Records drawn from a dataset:
────────────────────────────────────────

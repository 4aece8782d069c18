//! The walk over statements.
ghost use Rattle.std.specs.Prelude.{◌≡◌, ◌+◌, [], ◌∷◌, ◌++◌, length, true, false, take, drop, flat_map, IfOk};
ghost use Rattle.mql_scope.specs.Places.{context_at};
ghost use Rattle.mql_expressions.specs.Values.{kept_by, found_all, founds_of};
ghost use Rattle.mql_statements.specs.Told.{nothing_told};
ghost use Rattle.mql_statement_walk.specs.Walk.{kept_in, in_loop, inner_context, is_for, told, told_of, told_all};
ghost use Rattle.mql_statements.specs.Told.{in_force};
ghost use Rattle.mql_typed_statements.specs.Statements.{shares, place_of, told_by};
ghost use Rattle.mql_statement_walk.specs.Lists.{told_part, told_list, declared_in, parts_of, for_parts_of, head_of, after};

use fx8::{ItemList, OutOfMemory};
use mql_expressions::{Founds, found_all, kept_by};
use mql_meaning::VarType;
use mql_scope::{Here, Known, ProgramFacts};
use mql_starts::declares_all;
use mql_statements::{Told, joined, nothing_told};
use mql_syntax::{Place, Statement, StatementKind, Value, Variable};
use mql_told_statements::{own_scope, shares, told_of};
use mql_typed::Info;
use std::alloc::Global;

/// What a statement has before its parts.
#[derive(Drop)]
pub(crate) struct Head {
    /// Its variables, or what a `for` begins with.
    pub variables: Told,
    /// What its values tell.
    pub values: Founds,
    /// The locals that these take.
    pub kept: ItemList<VarType>,
}

fn copy_type(alloc: Global, t: &VarType) -> Result<VarType, OutOfMemory>
    ensures { IfOk result (λ copy. copy ≡ t.now) }
{
    let dimensions = ItemList::from_slice(alloc, t.dimensions.as_slice())?;
    Ok(VarType {
        base: t.base,
        dimensions,
    })
}

/// Types, and copies of others behind them.
fn with_types(
    alloc: Global,
    mut types: ItemList<VarType>,
    more: &[VarType],
) -> Result<ItemList<VarType>, OutOfMemory>
    ensures { IfOk result (λ all. all ≡ types ++ more.now) }
{
    for t in more {
        let copy = copy_type(alloc, t)?;
        types.push(copy)?;
    }
    Ok(types)
}

/// Types, and the locals that values take behind them.
fn with_value_types(
    alloc: Global,
    types: ItemList<VarType>,
    infos: &[Option<Info>],
) -> Result<ItemList<VarType>, OutOfMemory>
    ensures { IfOk result (λ all. all ≡ types ++ flat_map kept_by infos.now) }
{
    let mut all = types;
    for info in infos {
        all = with_types(alloc, all, kept_by(info))?;
    }
    Ok(all)
}

/// Types, and the locals that parts take behind them.
#[tactic(auto, using(crate::proofs::OfParts::kept_more))]
fn with_part_types(
    alloc: Global,
    types: ItemList<VarType>,
    parts: &[Told],
) -> Result<ItemList<VarType>, OutOfMemory>
    ensures { IfOk result (λ all. all ≡ types ++ kept_in parts.now) }
{
    let mut all = types;
    for t in parts {
        all = with_types(alloc, all, t.kept.as_slice())?;
    }
    Ok(all)
}

/// Whether the statement is a `for`.
fn is_for(what: StatementKind) -> bool
    ensures { result ≡ is_for what }
{
    match what {
        StatementKind::For { .. } => true,
        _ => false,
    }
}

fn place_of(s: &Statement) -> Place
    ensures { result ≡ place_of s.now }
{
    match s {
        Statement::Node { place, .. } => *place,
    }
}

────────────────────────────────────────

EXERCISE REQUIREMENTS:
Find the lines above holding the word "variables" and show them.

YOUR RESPONSE:
    /// Its variables, or what a `for` begins with.
    pub variables: Told,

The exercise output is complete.